Kamrava concludes by suggesting that the Islamic Republic faces an unsustainable contradiction between rigid theocratic rule and a dynamic, defiant society increasingly shaped by secularization, women’s rights movements, and demands for political freedom. As one observer notes, “the very project of Islamization self-destructively led to the substantive secularization of Iranian society” (p. 298). Future research could build on this insight by examining how social movements, generational change, and transnational influences are reshaping political Islam in Iran beyond the clerical elite.
Moreover, the book’s analysis invites comparative work: How does Iran’s trajectory resemble or diverge from other cases of religious authoritarianism, such as the Taliban’s Afghanistan? Does the concept of post-Islamism—“a process of transcending from the duty-centered and exclusive Islamist politics toward a more rights-centered and inclusive outlook” (p. 304)—signal a broader regional trend or a uniquely Iranian phenomenon?
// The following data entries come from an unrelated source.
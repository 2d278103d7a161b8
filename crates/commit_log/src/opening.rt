// Opening a log.
ghost use Rattle.std.specs.Prelude.{◌≡◌, ◌≤◌, ◌∷◌, ℕ, List, Err, OnOk, IfOk, ◌⊎◌, length};
ghost use Rattle.site_model.specs.History.{on, synced, changes_of, content_of, Leaves};
ghost use Rattle.site_model.specs.Calls.{HasRisen, HasCause, Syncs};
ghost use Rattle.site_model.specs.Moments.{LeavesOnly};
ghost use Rattle.commit_log.specs.Fronts.{SaysHeader};
ghost use Rattle.commit_log.specs.Segment.{first_gate};
ghost use Rattle.commit_log.specs.Reading.{Opens, IsAhead};

use crate::ahead::Ahead;
use crate::header::Header;
use crate::parse::{FIRST_GATE, parse_front};
use crate::reader::{LogReader, OpenError, OpenedLog};
use site_model::{Failed, Site};
use std::alloc::Global;

/// Syncs a file, and says how long it is.
fn synced_length<V: Site>(site: &mut V, file: u32) -> Result<u64, Failed>
    ensures tells { V.tells site.new → V.tells site.old }
    ensures either { Syncs file (V.history site.old) (V.history site.new) result }
    ensures value { V.tells site.new → IfOk result
        (λ n. n ≡ length (content_of file (V.history site.old))) }
    ensures cause { HasCause (V.disk_faults site.old) (V.disk_faults site.new) result }
    ensures say_faults { V.say_faults site.new ≡ V.say_faults site.old }
{
    site.sync(file)?;
    site.length(file)
}

/// The header that stands in the front of a file, by one read.
fn read_front<V: Site>(site: &mut V, file: u32, partition: u32) -> Result<Header, OpenError>
    ensures tells { V.tells site.new → V.tells site.old }
    ensures says { V.tells site.new → SaysHeader partition (content_of file (V.history site.old))
        result }
    ensures unchanged { V.history site.new ≡ V.history site.old }
    ensures fault { result ≡ Err OpenError.SiteFault
        → HasRisen (V.disk_faults site.old) (V.disk_faults site.new) }
    ensures later { V.disk_faults site.old ≤ V.disk_faults site.new }
    ensures say_faults { V.say_faults site.new ≡ V.say_faults site.old }
{
    let mut front = [0; FIRST_GATE as usize];
    match site.read(file, 0, &mut front) {
        Ok(count) => parse_front(partition, &front[..count]),
        Err(_) => Err(OpenError::SiteFault),
    }
}

/// Opens the log of this partition: syncs the file, measures it, and reads its header.
pub fn open_log<V: Site>(site: &mut V, file: u32, partition: u32) -> Result<OpenedLog, OpenError>
    ensures tells { V.tells site.new → V.tells site.old }
    // A crash leaves what it could have left before.
    ensures during { V.tells site.new → LeavesOnly file (V.history site.old) (V.history site.new)
        (Leaves (changes_of file (V.history site.old))) }
    ensures opens { V.tells site.new → Opens partition (content_of file (V.history site.old))
        result }
    ensures syncs { (V.history site.new ≡ on file synced ∷ V.history site.old)
        ⊎ (V.history site.new ≡ V.history site.old) }
    ensures synced { OnOk result (V.history site.new ≡ on file synced ∷ V.history site.old) }
    ensures synced_fresh { result ≡ Err OpenError.Fresh
        → V.history site.new ≡ on file synced ∷ V.history site.old }
    ensures synced_damaged { (offset : ℕ) → result ≡ Err (OpenError.Damaged offset)
        → V.history site.new ≡ on file synced ∷ V.history site.old }
    ensures place { IfOk result (λ opened. opened.file ≡ file) }
    ensures fault { result ≡ Err OpenError.SiteFault
        → HasRisen (V.disk_faults site.old) (V.disk_faults site.new) }
    ensures later { V.disk_faults site.old ≤ V.disk_faults site.new }
    ensures say_faults { V.say_faults site.new ≡ V.say_faults site.old }
{
    let size = match synced_length(site, file) {
        Ok(size) => size,
        Err(_) => return Err(OpenError::SiteFault),
    };
    let header = read_front(site, file, partition)?;
    Ok(OpenedLog { file, header, size })
}

impl OpenedLog {
    /// The log before its first frame. Nothing is read yet, and no memory taken.
    pub fn frames(self, alloc: Global) -> LogReader
        ensures place { (result.file ≡ self.file) × (result.header ≡ self.header)
            × (result.gate ≡ first_gate) × (result.size ≡ self.size) }
        ensures ahead { (content : List ℕ) → length content ≡ self.size → IsAhead content result }
    {
        let OpenedLog { file, header, size } = self;
        LogReader {
            file,
            header,
            gate: FIRST_GATE,
            size,
            ahead: Ahead::none(alloc),
        }
    }
}
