//! What waits at a cell, a partition that runs ahead of its log: requests, packets of streams from other partitions, trims and
//! outcomes of activities, in one queue, in the order in which they came.
//!
//! - `wait`: one of these, and what it is looked for by. `waits`: the queue, with what is looked for in it.
//! - `indices`: how many wait and where, of `counts` by partitions and `places` by ids and numbers; `line`: places one behind another.
//! - `cutting`: which packets are let go of where an entry that sent one is lost.
//! - `specs/Waits` is the plain data that these stand for, and `specs/Indices` when the indices agree with the queue.
#![tactic(auto)]

mod counts;
mod cutting;
mod indices;
mod line;
mod places;
mod wait;
mod waits;

pub use wait::{Ended, Wait};
pub use waits::Waits;
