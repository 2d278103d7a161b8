// What a segment is of.

/// The header of a segment.
#[derive(Clone, Copy, PartialEq, Eq)]
pub struct Header {
    /// The partition whose entries the segment holds.
    pub partition: u32,
    /// How many partitions there are.
    pub partitions: u32,
    /// The FNV-1a 64 of the flows file.
    pub digest: u64,
    /// The position of the first entry, below 2^63.
    pub base: u64,
}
For Middle East studies, political theology, and authoritarianism research, How Islam Rules in Iran will likely become a key reference point. Its integration of intellectual history with political analysis provides a model for studying how ideas, institutions, and power interact. Even readers critical of its elite-centered focus will find its conceptual frameworks—dual capture, divine versus popular legitimacy, Khameneism, post-Islamism—indispensable for understanding the Islamic Republic’s past, present, and possible futures.
Ultimately, Kamrava’s book forces the readers to confront a paradox: A theocratic state that, in seeking to preserve its divine authority, has produced secularizing forces it can neither fully control nor indefinitely suppress. Whether this tension leads to gradual reform, sudden rupture, or deeper authoritarian entrenchment remains, as Kamrava concludes, a question “that only history will answer” (p. 304).